I fiori del raggio sono femminili, ma hanno soprattutto la funzione di attrarre l’attenzione dell’impollinatore, come i petali di un singolo fiore. All’interno dell’anello si trovano 50-100 fiori bisessuali, detti fiori del disco, con corolla tubulosa a cinque lobi, lunga circa 0,6 cm, di colore giallo o arancio.

I frutti, contenenti un solo seme e chiamati acheni (o più correttamente cipsele) nelle Compositae, sono sottili, lunghi circa 0,6 cm, di colore nero, sormontati dal pappo, il calice modificato del fiore che ha la funzione di favorire la dispersione, costituito da scaglie di cui una appuntita, lunga 0,6-0,7 cm, e le altre distinte o unite alla base, oblunghe o lineari, lunghe 0,2-0,4 cm.

Si riproduce facilmente per seme, che germina mediamente in 10 giorni alla temperatura di 18-20 °C. La semina può essere effettuata a fine inverno in ambiente protetto, posizionando il seme nel terriccio a una profondità di 0,5-1 cm, o direttamente a dimora in primavera; la fioritura inizia in giugno-luglio, secondo l’epoca di semina e il clima, e perdura fino al tardo autunno.
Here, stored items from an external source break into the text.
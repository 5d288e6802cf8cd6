// Reading of EIDs.
ghost use Rattle.std.specs.Prelude.{◌≡◌, ◌≤◌, ◌<◌, ◌+◌, ◌^◌, length, IfOk, None, true};
ghost use Rattle.octets.specs.Refusals.{refusal_of};
ghost use Rattle.octets.specs.Rules.{first_failing};
ghost use Rattle.mapping_records.specs.Eid.{eid_at, eid_rules, is_lcaf, lcaf_rules};

use crate::places::{addr_at, addr_size, has_addr, refused};
use ip_headers::Addr;
use octets::{Refused, Why, big_16, big_32};

/// The AFI of an LCAF (RFC 8060).
const LCAF: u16 = 16387;

/// The instance, the address and the octets consumed of the EID that begins with its AFI. AFI 0 is
/// no EID: it has instance 0 and no address. Places count from `base`.
pub fn read_eid(octets: &[u8], base: u32) -> Result<(u32, Option<Addr>, u32), Refused>
    requires { base + length octets.now < 2 ^ 32 }
    ensures refused { refusal_of result ≡ first_failing (eid_rules base octets.now) }
    ensures value { IfOk result (λ read. read ≡ eid_at octets.now) }
    ensures instance { IfOk result (λ read. read.0 < 2 ^ 24) }
    ensures inside { IfOk result (λ read. read.2 ≤ length octets.now) }
{
    if octets.len() < 2 {
        return Err(refused(base, Why::Short));
    }
    let afi = big_16(octets, 0);
    if afi == LCAF {
        return read_lcaf(octets, base);
    }
    if afi == 0 {
        return Ok((0, None, 2));
    }
    if !has_addr(afi) {
        return Err(refused(base, Why::Afi));
    }
    let size = 2 + addr_size(afi);
    if octets.len() < size {
        return Err(refused(base + 2, Why::Short));
    }
    Ok((0, Some(addr_at(afi, octets, 2)), size as u32))
}

fn read_lcaf(octets: &[u8], base: u32) -> Result<(u32, Option<Addr>, u32), Refused>
    requires room { base + length octets.now < 2 ^ 32 }
    requires some { 2 ≤ length octets.now }
    requires lcaf { is_lcaf octets.now ≡ true }
    ensures refused { refusal_of result ≡ first_failing (eid_rules base octets.now) }
    ensures value { IfOk result (λ read. read ≡ eid_at octets.now) }
    ensures instance { IfOk result (λ read. read.0 < 2 ^ 24) }
    ensures inside { IfOk result (λ read. read.2 ≤ length octets.now) }
{
    if let Some(refused) = lcaf_refusal(octets, base) {
        return Err(refused);
    }
    let afi = big_16(octets, 12);
    let size = 14 + addr_size(afi);
    Ok((
        big_32(octets, 8),
        Some(addr_at(afi, octets, 14)),
        size as u32,
    ))
}

fn lcaf_refusal(octets: &[u8], base: u32) -> Option<Refused>
    requires room { base + length octets.now < 2 ^ 32 }
    requires some { 2 ≤ length octets.now }
    ensures { result ≡ first_failing (lcaf_rules base octets.now) }
{
    if octets.len() < 8 {
        return Some(refused(base + 2, Why::Short));
    }
    if octets[4] != 2 {
        return Some(refused(base + 4, Why::LcafType));
    }
    if octets.len() < 14 {
        return Some(refused(base + 8, Why::Short));
    }
    let afi = big_16(octets, 12);
    if !has_addr(afi) {
        return Some(refused(base + 12, Why::Afi));
    }
    let size = addr_size(afi);
    if usize::from(big_16(octets, 6)) != 6 + size {
        return Some(refused(base + 6, Why::LcafLength));
    }
    if big_32(octets, 8) >= 0x100_0000 {
        return Some(refused(base + 8, Why::InstanceTooLarge));
    }
    if octets.len() < 14 + size {
        return Some(refused(base + 14, Why::Short));
    }
    None
}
Si autodissemina con facilità, tanto da diventare in qualche caso infestante. Introdotta in Spagna nella metà del XVI secolo, si è diffusa prima in Francia e successivamente in Gran Bretagna (da qui il nome comune “french marigold” con cui è nota nei paesi anglofoni) e nel resto d’Europa e Stati Uniti. Insieme alla Tagetes erecta è una delle piante annuali da fiore più facili da coltivare, popolarissima in particolare dall’800 fino alla seconda metà del ‘900, ideale per chi inizia ad appassionarsi al giardinaggio.

Si adatta a qualsiasi tipo di suolo, anche povero, sia pure con una preferenza per quelli argillosi, leggeri e drenati, in pieno sole o con almeno una durata di insolazione superiore a sei ore giornaliere; può essere coltivata in tutti i climi, ad eccezione naturalmente di quelli polari, trattandosi di una specie annuale, ma i migliori risultati si hanno nei climi temperati, le elevate temperature, infatti, rallentano la vegetazione e influiscono negativamente sulla fioritura.
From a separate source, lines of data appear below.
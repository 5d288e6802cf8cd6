//! EIDs and mapping records (RFC 9301, section 5; RFC 8060, section 4.1): read and written exactly.
#![tactic(auto)]

mod action;
mod covering;
mod eid;
mod eid_reading;
mod eid_writing;
mod fault;
mod laws;
mod limits;
mod locator_reading;
mod places;
mod record;
mod record_reading;
mod record_writing;

pub use action::Action;
pub use covering::{HasEid, longest};
pub use eid::Eid;
pub use eid_reading::read_eid;
pub use eid_writing::write_eid;
pub use fault::RecordFault;
pub use ip_headers::{Addr, Prefix};
pub use laws::{
    canonical_eid_spells, canonical_record_spells, no_longer_one_covers, one_eid_is_spelled,
    one_record_is_spelled, written_eid_is_read_again, written_record_is_read_again,
};
pub use limits::{DEFAULT_MINUTES, MOST_LOCATORS, MOST_MAPPINGS, limits_are};
pub use octets::{NoMemory, Octets, Refused};
pub use places::{addr_at, addr_size, has_addr, refused};
pub use record::{Locator, Locators, Record};
pub use record_reading::{read_eid_prefix, read_record};
pub use record_writing::write_record;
Il portamento basso e compatto, la profusione di fiori dalla calda tonalità, la durata della fioritura e la disponibilità di varietà con diverse combinazioni di colore, offrono innumerevoli possibilità di utilizzo nei giardini di ogni dimensione, per bordure, roccaglie, aiole o come tappezzante. In vasi o cassette, anche sospesi, è una specie da non sottovalutare per la decorazione di balconi, terrazze e verande.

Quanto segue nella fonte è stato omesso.